İran’ın kuzeybatı köşesinde gizlenmiş, ilginç ve gizemli on üçüncü yüzyıldan kalma küçük bir köydür, Kandovan köyü. İran’ın Doğu Azerbaycan Eyaleti, Osku İlçesi, Sahand kırsalında yer almaktadır.
Kandovan aynı zamanda, Zerdüşt tarihinin ikinci aşamasının başlangıcında merkezi bölge olan Urmiye Gölü bölgesinin bir parçasıdır. Bu köy, hala yerleşimde olan insan yapımı uçurum konutlarından oluşmaktadır.
Kapadokya bölgesindekilere benzer volkanik kayalar ve tüfler içinde kazılan ilkel evlere yerel olarak “ Karaan ” denir. Karaanlar, Sahand Dağı’nın Laharlarına (volkanik çamur akışı veya tüf akışı) yapıldı. Evlerin koni şekli, gözenekli yuvarlak ve köşeli pomza ile gri asidik bir matris içinde konumlanmış diğer volkanik parçacıklardan oluşan lahar akışının bir sonucudur. Tüm bu özellikler, manzarayı devasa bir termit kolonisi gibi gösteriyor.
Bu konut yöntemi, aslında insanların yerleşimlerinde geriye gidildikçe oldukça fazla gözlenebilen doğal bir korunma duygusunun eseridir. Sahand’ın patlamasından sonra bu maddeler doğal olarak hareket etti ve Kandovan’ın kayalarını oluşturdu.

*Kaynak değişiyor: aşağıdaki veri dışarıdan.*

//! The segments of a record without their bytes, computed from its groupings without their bytes.
ghost use Rattle.std.specs.Prelude.{◌≡◌, All, IfOk, map};
ghost use Rattle.std.specs.List.{flat_map};
ghost use Rattle.store_data.specs.Groups.{grouped};
ghost use Rattle.row_reads.specs.CardDecoding.{IsGroupingAt};
ghost use Rattle.row_reads.specs.declared.groupings.CodedAt.{CodedAt as CodedAtValue};
ghost use Rattle.row_reads.specs.declared.groupings.GroupingAt.{GroupingAt as GroupingAtValue};
ghost use Rattle.store_reads.specs.Segments.{head_at, heads_in, heads_of};

use indexmap::IndexSet;
use row_reads::{CodedAt, GroupingAt};
use std::alloc::{AllocError, Global};
use store_data::{Aid, Bytes, Enc, join_at};

/// A segment without its bytes: its application, its rank, and the encryption and tolerance of its
/// groupings.
#[derive(Clone, Copy)]
pub(crate) struct SegmentHead {
    /// The application identifier.
    pub(crate) aid: Aid,
    /// The rank.
    pub(crate) rank: u16,
    /// The encryption.
    pub(crate) enc: Enc,
    /// `true` if the segment is tolerant.
    pub(crate) tol: bool,
}

/// A segment without its bytes, as part of its application.
#[derive(Clone, Copy)]
pub(crate) struct PlacedHead {
    /// The segment.
    pub(crate) head: SegmentHead,
    /// `true` if it is the last segment of its application.
    pub(crate) last: bool,
}

// Returns the groupings by application. The applications are in the order of their first groupings.
fn by_application(
    alloc: Global,
    groupings: &[GroupingAt],
) -> Result<Vec<Vec<GroupingAt>>, AllocError>
    ensures { IfOk result (λ groups. map (λ own. own.items) groups.items
        ≡ grouped (λ (g : GroupingAtValue). g.aid) groupings.now) }
{
    let mut aids = IndexSet::new(alloc);
    let mut groups = Vec::new(alloc);
    for g in groupings {
        let (place, _) = aids.insert_full(g.aid)?;
        join_at(alloc, &mut groups, place, *g)?;
    }
    Ok(groups)
}

/// The highest rank plus 1.
const RANKS: usize = 1000;

// Returns the segments of one application, in ascending order of their ranks. `own` contains the
// groupings of the application.
fn heads_in(alloc: Global, own: &[GroupingAt]) -> Result<Vec<SegmentHead>, AllocError>
    requires { All IsGroupingAt own.now }
    ensures { IfOk result (λ heads. heads.items ≡ heads_in own.now) }
{
    let mut firsts = [None; RANKS];
    for g in own {
        let rank = usize::from(g.rank);
        if firsts[rank].is_none() {
            firsts[rank] = Some(SegmentHead {
                aid: g.aid,
                rank: g.rank,
                enc: g.enc,
                tol: g.tol,
            });
        }
    }
    let mut heads = Vec::new(alloc);
    for rank in 1..RANKS {
        if let Some(head) = firsts[rank] {
            heads.push(head)?;
        }
    }
    Ok(heads)
}

/// Returns the segments of a record with the groupings `groupings`, in one list for each
/// application. A segment can then be found in a time that doesn't depend on the number of
/// segments.
///
/// # Errors
///
/// Returns `AllocError` if an allocation fails.
pub(crate) fn heads_of(
    alloc: Global,
    groupings: &[GroupingAt],
) -> Result<Vec<Vec<SegmentHead>>, AllocError>
    requires { All IsGroupingAt groupings.now }
    ensures { IfOk result
        (λ heads. map (λ own. own.items) heads.items ≡ heads_of groupings.now) }
{
    let groups = by_application(alloc, groupings)?;
    let mut heads = Vec::with_capacity(alloc, groups.len())?;
    for own in &groups {
        heads.push(heads_in(alloc, own.as_slice())?)?;
    }
    Ok(heads)
}

/// Returns segment `segment` of application `app`. Both numbers start at 0.
pub(crate) fn head_at(heads: &[Vec<SegmentHead>], app: u16, segment: u16) -> Option<PlacedHead>
    ensures { result ≡ head_at (map (λ own. own.items) heads.now) app segment }
{
    let own = heads.get(usize::from(app))?;
    let place = usize::from(segment);
    let head = *own.get(place)?;
    Some(PlacedHead {
        head,
        last: place + 1 == own.len(),
    })
}

/// Returns the joined bytes of `groupings`.
///
/// # Errors
///
/// Returns `AllocError` if an allocation fails.
pub(crate) fn joined(alloc: Global, groupings: &[CodedAt]) -> Result<Bytes, AllocError>
    ensures { IfOk result
        (λ bytes. bytes ≡ flat_map (λ (g : CodedAtValue). g.coded) groupings.now) }
{
    let mut bytes = Vec::new(alloc);
    for g in groupings {
        bytes.extend_from_slice(g.coded.as_slice())?;
    }
    Ok(Bytes::from_vec(bytes))
}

İran’da çıkacağınız bir turda evleri görmek isterseniz ilk bakışta biraz zorlanabilirsiniz, çünkü mağaraların dışındaki konutları genişletmek için kullanılan taş, orijinal taşın o doğal rengini taklit ediyor. Ancak köye yaklaştıkça kaya yüzeyinden çıkan pencereleri, elektrik kablolarını, kapıları ve bacaları görebilirsiniz. Çoğu topluluk, doğal çevreye mükemmel bir şekilde uyum sağlarken, güç ve hatta bazıları akan su ile modernize edilmiştir. Volkanik taş hem manipüle edilmesi kolay hem de bu eski yapıları destekleyecek kadar sağlam.
Bu evlerle ilgili özellikle şaşırtıcı olan şey, yüzyıllardır yaşamı desteklemiş olmalarıdır. Onlar eski mağara evleridir. İlk sakinler eski kabilelerdendi, ancak bu evler güncellendi ve çoğu babadan oğula aktarıldı.

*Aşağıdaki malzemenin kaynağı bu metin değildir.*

//! Reads the state of a record, and the first waiting record of a batch.
ghost use Rattle.std.specs.Prelude.{IsTrue, OnOk, false, ◌<◌, ◌^◌, ◌≡◌};
ghost use Rattle.sqlite.specs.Held.{state};
ghost use Rattle.sqlite.specs.State.{HasCleanDisk};
ghost use Rattle.job_facts.specs.States.{first_waiting, record_state_of};
ghost use Rattle.row_reads.specs.Reads.{Looks, ReadsRows};
ghost use Rattle.store_reads.specs.Known.{Knows};
ghost use Rattle.store_reads.specs.ReadsContents.{FindsContents, ReadsContents};
ghost use Rattle.store_reads.specs.Waiting.{IsFirstWaiting};

use crate::known::Known;
use job_facts::RecordState;
use row_reads::{batch_id, record_named};
use sqlite::{Alter, Connection, Error};
use store_data::Name;

/// Returns the state of the record `rec` of the batch `batch`, or `None` if the batch doesn't
/// contain it.
pub fn record_state<S: Alter>(
    conn: &mut Connection<S>,
    batch: &Name,
    rec: &Name,
) -> Result<Option<RecordState>, Error>
    requires { conn.old.in_transaction ≡ false }
    ensures { FindsContents (state S.Store conn.old) (state S.Store conn.new) result
        (λ c answer. answer ≡ record_state_of c.facts batch.now rec.now) }
{
    row_laws::batches_by_name();
    row_laws::records_by_name();
    let Some(id) = batch_id(conn, batch)? else {
        return Ok(None);
    };
    let found = record_named(conn, id, rec)?;
    Ok(found.map(|card| card.stands))
}

/// Reads the state of the record `rec` of the batch with the id `id`, and caches it.
pub(crate) fn note_standing<S: Alter>(
    conn: &mut Connection<S>,
    known: &mut Known,
    id: u64,
    rec: &Name,
) -> Result<(), Error>
    requires idle { conn.old.in_transaction ≡ false }
    requires knows { Knows (state S.Store conn.old) known.old }
    requires id { id < 2 ^ 63 }
    ensures open { HasCleanDisk (state S.Store conn.new)
        → OnOk result (IsTrue (state S.Store conn.old).is_open) }
    ensures knows { Knows (state S.Store conn.new) known.new }
    ensures looks { Looks (state S.Store conn.old) (state S.Store conn.new) }
{
    let Some(card) = record_named(conn, id, rec)? else {
        return Ok(());
    };
    known.note(id, &card);
    Ok(())
}

// Returns the first waiting record of the batch with the id `id`, and caches its state.
fn waiting_of<S: Alter>(
    conn: &mut Connection<S>,
    known: &mut Known,
    id: u64,
) -> Result<Option<Name>, Error>
    requires idle { conn.old.in_transaction ≡ false }
    requires knows { Knows (state S.Store conn.old) known.old }
    requires id { id < 2 ^ 63 }
    ensures value { ReadsRows (state S.Store conn.old) (state S.Store conn.new) result
        (IsFirstWaiting id) }
    ensures knows { Knows (state S.Store conn.new) known.new }
    ensures looks { Looks (state S.Store conn.old) (state S.Store conn.new) }
{
    let Some(card) = row_reads::first_waiting(conn, id)? else {
        return Ok(None);
    };
    known.note(id, &card);
    Ok(Some(card.name))
}

/// Returns the first waiting record of the batch `batch`, in file order. The id of the batch is
/// read only if none of its records is cached.
pub fn first_waiting<S: Alter>(
    conn: &mut Connection<S>,
    known: &mut Known,
    batch: &Name,
) -> Result<Option<Name>, Error>
    requires idle { conn.old.in_transaction ≡ false }
    requires knows { Knows (state S.Store conn.old) known.old }
    ensures value { ReadsContents (state S.Store conn.old) (state S.Store conn.new) result
        (λ c answer. answer ≡ first_waiting c.facts batch.now) }
    ensures knows { Knows (state S.Store conn.new) known.new }
    ensures looks { Looks (state S.Store conn.old) (state S.Store conn.new) }
{
    row_laws::batches_by_name();
    row_laws::records_by_name();
    row_laws::records_of_batches();
    if let Some(card) = known.of_batch(batch) {
        let id = card.id;
        return waiting_of(conn, known, id);
    }
    let Some(id) = batch_id(conn, batch)? else {
        return Ok(None);
    };
    waiting_of(conn, known, id)
}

Çoğu topluluk, orijinal mağaranın mümkün olduğunca çoğunu korumak için özel önlem aldı, böylece hem dış hem de iç mekan o otantik Kandovan hissine sahip oldu. Bazı evler doğal mağara oluşumlarına dayanırken, diğerleri daha büyük odalara oyulmuştur ve hatta daha modern bir görünüm ve his yaratmak için badanalanmıştır.

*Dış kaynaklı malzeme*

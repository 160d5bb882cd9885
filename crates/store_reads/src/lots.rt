//! Reads lots, and whether a blank is charged.
ghost use Rattle.std.specs.Prelude.{false, ◌≡◌};
ghost use Rattle.sqlite.specs.Held.{state};
ghost use Rattle.job_facts.specs.States.{any_overlaps, is_charged, lot_named, lot_of};
ghost use Rattle.store_reads.specs.ReadsContents.{FindsContents};

use crate::numbers::is_in_range;
use job_facts::{Lot, lot_among};
use sqlite::{Alter, Connection, Error};
use store_data::Name;

/// Returns the lot with the name `name`.
pub fn lot<S: Alter>(conn: &mut Connection<S>, name: &Name) -> Result<Option<Lot>, Error>
    requires { conn.old.in_transaction ≡ false }
    ensures { FindsContents (state S.Store conn.old) (state S.Store conn.new) result
        (λ c answer. answer ≡ lot_named c.facts.lots name.now) }
{
    row_laws::lots_by_name();
    let found = row_reads::lot(conn, name)?;
    Ok(found.map(|row| row.lot))
}

/// Returns the lot that contains the blank `blank`. Lots share no serial, so only the last lot that
/// starts at or before `blank` can contain it.
pub fn lot_of<S: Alter>(conn: &mut Connection<S>, blank: u64) -> Result<Option<Lot>, Error>
    requires { conn.old.in_transaction ≡ false }
    ensures { FindsContents (state S.Store conn.old) (state S.Store conn.new) result
        (λ c answer. answer ≡ lot_of c.facts.lots blank) }
{
    row_laws::lots_by_name();
    let last = row_reads::last_lot(conn, blank)?;
    Ok(lot_among(last.as_slice(), blank).copied())
}

/// Returns `true` if a lot contains one of the `count` serials that start with `first`.
pub fn overlaps<S: Alter>(conn: &mut Connection<S>, first: u64, count: u32) -> Result<bool, Error>
    requires { conn.old.in_transaction ≡ false }
    ensures { FindsContents (state S.Store conn.old) (state S.Store conn.new) result
        (λ c answer. answer ≡ any_overlaps c.facts.lots first count) }
{
    row_laws::lots_by_name();
    row_reads::overlaps(conn, first, count)
}

/// Returns `true` if `blank` is charged by an `open` or a `discard`.
pub fn is_charged<S: Alter>(conn: &mut Connection<S>, blank: u64) -> Result<bool, Error>
    requires { conn.old.in_transaction ≡ false }
    ensures { FindsContents (state S.Store conn.old) (state S.Store conn.new) result
        (λ c answer. answer ≡ is_charged c.facts blank) }
{
    if !is_in_range(blank) {
        return Err(Error::InvalidQuery);
    }
    row_laws::blanks_by_serial();
    row_reads::is_charged(conn, blank)
}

Mağara evlerin çoğu iki ila dört katlıdır. Tipik bir dört katlı evde, zemin veya birinci kat hayvan barınağı, sonraki iki kat yaşam alanı, en üst kat ise depo olarak kullanılmaktadır. Bir kişinin veya ailenin sahip olduğu evleri birbirine bağlayan tüneller olduğuna dair raporlar var.
Sahand Dağı bölgenin güzelliklerinden biri ve bugün efsanevi bir geçmişin gölgesi olan doğal bir çok güzellikle doludur. Bazıları, efsanevi geçmiş güzelliğin, Cennet Bahçesi’nin İncil hikayesinde korunduğuna inanıyor. Bagh olarak da adlandırılan antik Pers bahçeleri, muhteşem güzellikleriyle ünlüydü.
Evler yerel lehçede karan olarak bilindiğini girişte belirtmiştik. Bir yoruma göre Kandovan kelimesi, bir arı kovanı olan kando’nun çoğul halidir. Başka bir yorum, Kandovan’ın bilinmeyen Oymacılar Ülkesi anlamına geldiğini söylemektedir. Çoğulu belirtmek için ‘van’ kullanımı Avesta’da bulunmaktadır: Örnek vermek gerekirse ashavan gibi. Günümüzde köy sakinleri bir Türk lehçesi konuşuyorlar, ancak geleneksel İran aile isimlerine sahip Kayani gibi isimlerede rastlanıyor. Bölgedeki dağlar ve nehirler hem Farsça hem de Türkçe – ve hatta bazıları Asur – isimlerine sahiptir.